BE EASY TO DO BUSINESS WITH
The Most Sophisticated Co-Sell Strategy in the World Will Underperform If the Agency Is Slow, Inflexible, or Bureaucratic.
There is a category of agency failure that doesn't show up in capability assessments, certification audits, or partner program reviews. It shows up in the moment a vendor sales rep decides not to call.
Not because the agency lacks expertise. Not because the relationship is damaged. But because the last time the rep worked with the agency, something was slow, or complicated, or created friction that the rep had to manage.
Being easy to do business with is not a soft, relationship-hygiene consideration. It is a strategic competency.
What Easy to Do Business With Actually Means
Responding quickly — quickly enough that the rep feels like they've reached a resource rather than submitted a request.
Communicating clearly — without jargon or unnecessary complexity.
Following through completely — in the way that was promised, by the deadline that was committed to.
Being commercially flexible — willing to adapt pricing, scope, and engagement structure to the realities of how enterprise deals actually get done.
Committing resources to the sales process itself — investing people and time in co-sell opportunities before a contract exists, without requiring bureaucratic justification.
The Commercial Flexibility Problem
Most agencies have pricing and scoping processes designed for direct client sales. Co-sell situations don't work that way. The deal is already in motion. The rep needs the agency to engage with the commercial realities of that deal — quickly, flexibly.
What commercial flexibility looks like in practice: pre-built pricing frameworks for common co-sell engagement types; authority delegated to the people in the co-sell conversation; willingness to phase engagements to fit the prospect's budget reality.
The Resource Commitment Problem
Enterprise co-sell opportunities require agency investment before a contract exists. Most agencies approach this pre-sales investment reluctantly — treating it as a cost to minimize rather than an investment to make deliberately.
The agencies that build the strongest co-sell reputations commit the right resources, at the right level, to give the opportunity the best possible chance of closing — without requiring the rep to justify the investment through an internal qualification process that signals distrust.

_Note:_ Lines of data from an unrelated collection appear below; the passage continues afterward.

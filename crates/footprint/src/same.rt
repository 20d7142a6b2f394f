//! Equality of answers.
ghost use Rattle.std.specs.Prelude.{◌≡◌, ◌↔◌, IsTrue, true};
ghost use Rattle.std.specs.FinMap as map;
ghost use Rattle.unit_file.specs.Notices.{AreAtTheirLines};

use crate::answer::Answer;
use unit_file::{Notice, Notices};

impl Answer {
    /// Whether the answers are equal.
    pub fn same(&self, other: &Answer) -> bool
        ensures { IsTrue result ↔ (self.now ≡ other.now) }
    {
        match (self, other) {
            (Answer::Done(one), Answer::Done(other)) => same_notices(one, other),
            (Answer::State(one), Answer::State(other)) => one == other,
            (Answer::Name(one), Answer::Name(other)) => one == other,
            (Answer::Names(one), Answer::Names(other)) => one.same(other),
            (Answer::Refused(one), Answer::Refused(other)) => one.same(other),
            _ => false,
        }
    }
}

/// Whether the notices are equal, one by one in the order of their lines.
pub fn same_notices(one: &Notices, other: &Notices) -> bool
    ensures { IsTrue result ↔ (one.now ≡ other.now) }
{
    are_alike(one, other)
}

/// Whether the lists of the notices are equal; the position of a notice is its line.
fn are_alike(one: &Notices, other: &Notices) -> bool
    ensures lines { AreAtTheirLines one.now × AreAtTheirLines other.now }
    ensures yes { result ≡ true → map.values one.now ≡ map.values other.now }
    ensures no { map.values one.now ≡ map.values other.now → result ≡ true }
{
    let mut others = other.iter();
    for notice in one.iter() {
        match others.next() {
            Some(other) => {
                if !same_notice(notice, other) {
                    return false;
                }
            }
            None => return false,
        }
    }
    others.next().is_none()
}

fn same_notice(one: &Notice, other: &Notice) -> bool
    ensures { IsTrue result ↔ (one.now ≡ other.now) }
{
    one.unit == other.unit
        && one.key == other.key
        && one.word.bytes() == other.word.bytes()
        && one.reason == other.reason
}
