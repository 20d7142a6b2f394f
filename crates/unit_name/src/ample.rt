/// For tests: what a call returns if there is enough memory.
///
/// `each-growth` makes one allocation of a test fail, and the call that meets it must return "out
/// of memory" and change nothing: so it is made again here, and its second result is compared like
/// any other.
#[macro_export]
macro_rules! ample {
    ($call:expr, $refused:pat) => {
        match $call {
            Err($refused) => $call,
            answer => answer,
        }
    };
}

The Reputation That Operational Excellence Builds
There is a specific reputation that operationally excellent agencies develop inside vendor sales orgs. It is the reputation of being reliable. Not brilliant. Not the most innovative. Reliable.
In a partner ecosystem full of agencies that are capable but complicated, reliability is a genuine differentiator. It is the quality that makes a rep comfortable staking their client relationship on an agency introduction.